use crate::fields::FieldList;
use http::Method;
use sw_outside::Bytes;

/// The body of a request.
#[derive(Debug, Drop)]
pub enum Body {
    /// All its bytes.
    Whole(Bytes),
    /// It was over the greatest size of an object, and wasn't kept.
    TooLarge,
}

/// One whole request.
#[derive(Debug, Drop)]
pub struct Request {
    pub method: Method,
    /// The target up to its first `?`, still encoded.
    pub path: Bytes,
    /// What follows the first `?` of the target, still encoded.
    pub query: Bytes,
    pub fields: FieldList,
    /// Whether the head says how long the body is.
    pub framed: bool,
    pub body: Body,
}
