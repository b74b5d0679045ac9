ghost use Rattle.std.specs.Prelude.{◌≡◌, ℕ, List};
ghost use Rattle.std.specs.Option.{option_copied};
ghost use Rattle.sw_message.specs.Fields.{is_named};

use crate::framing::has_field;
use std::marker::Model;
use sw_outside::Bytes;

/// A field of a message: its name as it was written, and its value without the white space around it.
#[derive(Debug, Drop)]
pub struct Field {
    pub name: Bytes,
    pub value: Bytes,
}

/// The fields of a message, in the order in which they stand. Contracts see the list of them.
#[derive(Debug, Drop)]
pub struct FieldList {
    vec: Vec<Field>,
}

impl Model for FieldList {
    ghost use Rattle.std.specs.Prelude.{List};
    ghost use Rattle.sw_message.specs.declared.fields.Field.{Field};

    ghost Value = { List Field };

    ghost view = { λ l. l.vec.items };
}

impl FieldList {
    ghost use Rattle.sw_message.specs.Fields.{field_value_of, has_field as has_field_named};

    pub fn as_slice(&self) -> &[Field]
        ensures { result.now ≡ self.now }
    {
        &self.vec
    }

    /// Whether a field has this name, compared without case.
    pub fn has(&self, name: &[u8]) -> bool
        ensures { result ≡ has_field_named name.now self.now }
    {
        has_field(name, &self.vec)
    }

    /// The value of the field of this name, compared without case. Where several have the name, the last one counts.
    pub fn value_of(&self, name: &[u8]) -> Option<&[u8]>
        ensures { option_copied result ≡ field_value_of name.now self.now }
    {
        let found = self
            .vec
            .iter()
            .rev()
            .find(|field| field.name.as_slice().eq_ignore_ascii_case(name));
        found.map(|field| field.value.as_slice())
    }
}

/// Whether the field has this name, compared without case.
pub(crate) fn is_named(name: &[u8], field: &Field) -> bool
    ensures { result ≡ is_named name.now field.now }
{
    field.name.as_slice().eq_ignore_ascii_case(name)
}

/// Moves the fields: no memory is taken.
impl From<Vec<Field>> for FieldList {
    ghost from_gives = { λ vec fields. fields ≡ vec.items };

    fn from(vec: Vec<Field>) -> FieldList {
        FieldList { vec }
    }
}

/// Gives the fields back: no memory is taken.
impl From<FieldList> for Vec<Field> {
    ghost from_gives = { λ fields vec. vec.items ≡ fields };

    fn from(fields: FieldList) -> Vec<Field> {
        fields.vec
    }
}
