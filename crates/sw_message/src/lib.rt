//! Messages of HTTP/1.1 as they stand in memory: fields, heads of requests, how a head says where its body ends, and the text of a reply.
//!
//! A head's text is `httparse`'s printed head, within the limits of this server (`specs/Head.antt`); [`find_head`] looks for one in front
//! of bytes and [`open_request`] copies its parts. [`framing_of`] reads where the body ends off the fields (`specs/Framing.antt`).
//! [`write_response`] adds exactly the text of a reply, `specs/Reply.antt`, in one call of the sink.
//!
//! The next layers up are `sw_http`, which takes requests off an input, and `sw_fields`, which reads what single fields say.
#![tactic(auto)]

mod fields;
mod framing;
mod head;
pub mod laws;
mod limits;
mod look;
mod parts;
mod reply_text;
mod request;
mod response;
mod text;
mod writer;

pub use fields::{Field, FieldList};
pub use framing::{Framing, framing_of, is_framed, length_of, says};
pub use head::find_head;
pub use limits::{MAX_FIELDS, MAX_HEAD, MAX_LENGTH_DIGITS};
pub use look::Look;
pub use parts::{OpenRequest, open_request};
pub use request::{Body, Request};
pub use response::{ReplyBody, Response};
pub use text::{CRLF, begins_with};
pub use writer::{WriteFault, write_response};
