//! What the text of a reply itself promises, as the contract of a function that does nothing.
ghost use Rattle.sw_message.specs.Reply.{CarriesItsLength, FitsItsRoom};

/// Every reply that can be written says the length of what a GET would carry, and carries that or nothing; one with status 100 or 204
/// has neither a length nor a body.
pub fn carries_its_length()
    ensures { CarriesItsLength }
{}

/// The room that is made for a reply's text holds all of it.
pub fn fits_its_room()
    ensures { FitsItsRoom }
{}
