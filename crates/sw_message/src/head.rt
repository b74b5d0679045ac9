ghost use Rattle.std.specs.Prelude.{◌≡◌, ◌↔◌, ◌≤◌, IsTrue, length};
ghost use Rattle.httparse.specs.Grammar.{MayBecomeRequest};
ghost use Rattle.httparse.specs.Pieces.{Stops, is_newline};
ghost use Rattle.sw_message.specs.Head.{IsHeadAt, HasNoHead, IsPath};
ghost use Rattle.sw_message.specs.Look.{IsLook, OnNotYet};

use crate::limits::MAX_HEAD;
use crate::look::Look;
use crate::text::begins_with;
use httparse::Status;
use httparse::spans::{HeaderSpan, RequestSpans, parse_request};

/// The minor version of HTTP/1.1.
const MINOR_VERSION: u8 = 1;

/// Whether a head of this size and this minor version is one that this server takes.
fn is_taken(len: usize, version: u8) -> bool
    ensures { IsTrue result ↔ ((len ≤ 65536) × (version ≡ 1)) }
{
    len <= MAX_HEAD && version == MINOR_VERSION
}

/// Whether a target begins with a slash.
fn is_path(target: &[u8]) -> bool
    ensures { IsTrue result ↔ IsPath target.now }
{
    begins_with(target, b"/")
}

/// Looks for a head in front of bytes that don't begin with a line end.
///
/// [`Look::NotYet`] comes only where more bytes can make a head by the parser's grammar: what can't become one is told at once. Whether this
/// server takes it is told once it is whole.
pub fn find_head(bytes: &[u8], headers: &mut [HeaderSpan]) -> Look<RequestSpans>
    requires room { length headers.old ≡ 128 }
    requires begins { Stops is_newline bytes.now }
    ensures look { IsLook (IsHeadAt bytes.now headers.new) HasNoHead bytes.now result }
    ensures unfinished { OnNotYet result (MayBecomeRequest bytes.now) }
{
    match parse_request(bytes, headers) {
        Ok(Status::Complete(spans)) => {
            if is_taken(spans.len, spans.version) && is_path(spans.path.of(bytes)) {
                Look::Whole(spans)
            } else {
                Look::Never
            }
        }
        Ok(Status::Partial) => Look::NotYet,
        Err(_) => Look::Never,
    }
}
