ghost use Rattle.std.specs.Prelude.{◌≡◌, ◌≢◌, ℕ, ◌≤◌, Err, OnOk, OnErr};
ghost use Rattle.std.specs.Io.KnownBytes.{Appends, Keeps};
ghost use Rattle.sw_outside.specs.Counts.{raised};
ghost use Rattle.sw_outside.specs.Faults.{HasRisen};
ghost use Rattle.sw_outside.specs.Taken.{AppendsPart};
ghost use Rattle.sw_message.specs.Reply.{reply_text};
ghost use Rattle.sw_message.specs.declared.writer.WriteFault.TheVariants as faults;

use crate::reply_text::text_of;
use crate::response::Response;
use std::alloc::Global;
use sw_outside::{Failed, NoMemory, Sink};
use thiserror::Error;

/// Why a reply wasn't written whole.
#[derive(Clone, Copy, Debug, PartialEq, Eq, Error)]
pub enum WriteFault {
    #[error("a write failed")]
    Failed,
    #[error("out of memory")]
    NoMemory,
}

impl From<NoMemory> for WriteFault {
    ghost from_gives = { λ _ e. e ≡ faults.NoMemory };

    fn from(_error: NoMemory) -> WriteFault {
        WriteFault::NoMemory
    }
}

/// Writes the text of a reply, in one call of the sink.
///
/// [`WriteFault::Failed`] comes only where that call failed: a front of the text was taken then. Without memory the sink isn't called.
pub fn write_response<W: Sink>(
    alloc: Global,
    out: &mut W,
    response: &Response,
) -> Result<(), WriteFault>
    ensures whole { OnOk result (Appends (W.taken out.old) (W.taken out.new) (reply_text response.now)) }
    ensures part { OnErr result (AppendsPart (W.taken out.old) (W.taken out.new) (reply_text response.now)) }
    ensures untouched { result ≡ Err WriteFault.NoMemory → Keeps (W.taken out.old) (W.taken out.new) }
    ensures later { W.faults out.old ≤ W.faults out.new }
    ensures failed { result ≡ Err WriteFault.Failed → HasRisen (W.faults out.old) (W.faults out.new) }
    ensures failed_once { result ≡ Err WriteFault.Failed → W.faults out.new ≡ raised (W.faults out.old) }
    ensures sound { result ≢ Err WriteFault.Failed → W.faults out.new ≡ W.faults out.old }
    ensures put_once { result ≢ Err WriteFault.NoMemory → W.calls out.new ≡ raised (W.calls out.old) }
    ensures no_put { result ≡ Err WriteFault.NoMemory → W.calls out.new ≡ W.calls out.old }
    ensures sink_number { W.number out.new ≡ W.number out.old }
{
    let text = text_of(alloc, response)?;
    match out.put(&text) {
        Ok(()) => Ok(()),
        Err(Failed) => Err(WriteFault::Failed),
    }
}
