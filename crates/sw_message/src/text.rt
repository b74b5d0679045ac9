ghost use Rattle.std.specs.Prelude.{◌≡◌, ℕ, ◌++◌, List, IsTrue, length, drop};

/// What ends a line.
pub const CRLF: &[u8] = b"\r\n";

/// Whether this text stands in front of bytes.
pub fn begins_with(bytes: &[u8], text: &[u8]) -> bool
    ensures found { IsTrue result → bytes.now ≡ text.now ++ drop (length text.now) bytes.now }
    ensures all { (rest : List ℕ) → bytes.now ≡ text.now ++ rest → IsTrue result }
{
    bytes.starts_with(text)
}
───
## Problem details
Which lines hold the string "OnErr"? Copy all of them from the data above.

## Output
ghost use Rattle.std.specs.Prelude.{◌≡◌, ◌≢◌, ℕ, ◌≤◌, Err, OnOk, OnErr};
    ensures part { OnErr result (AppendsPart (W.taken out.old) (W.taken out.new) (reply_text response.now)) }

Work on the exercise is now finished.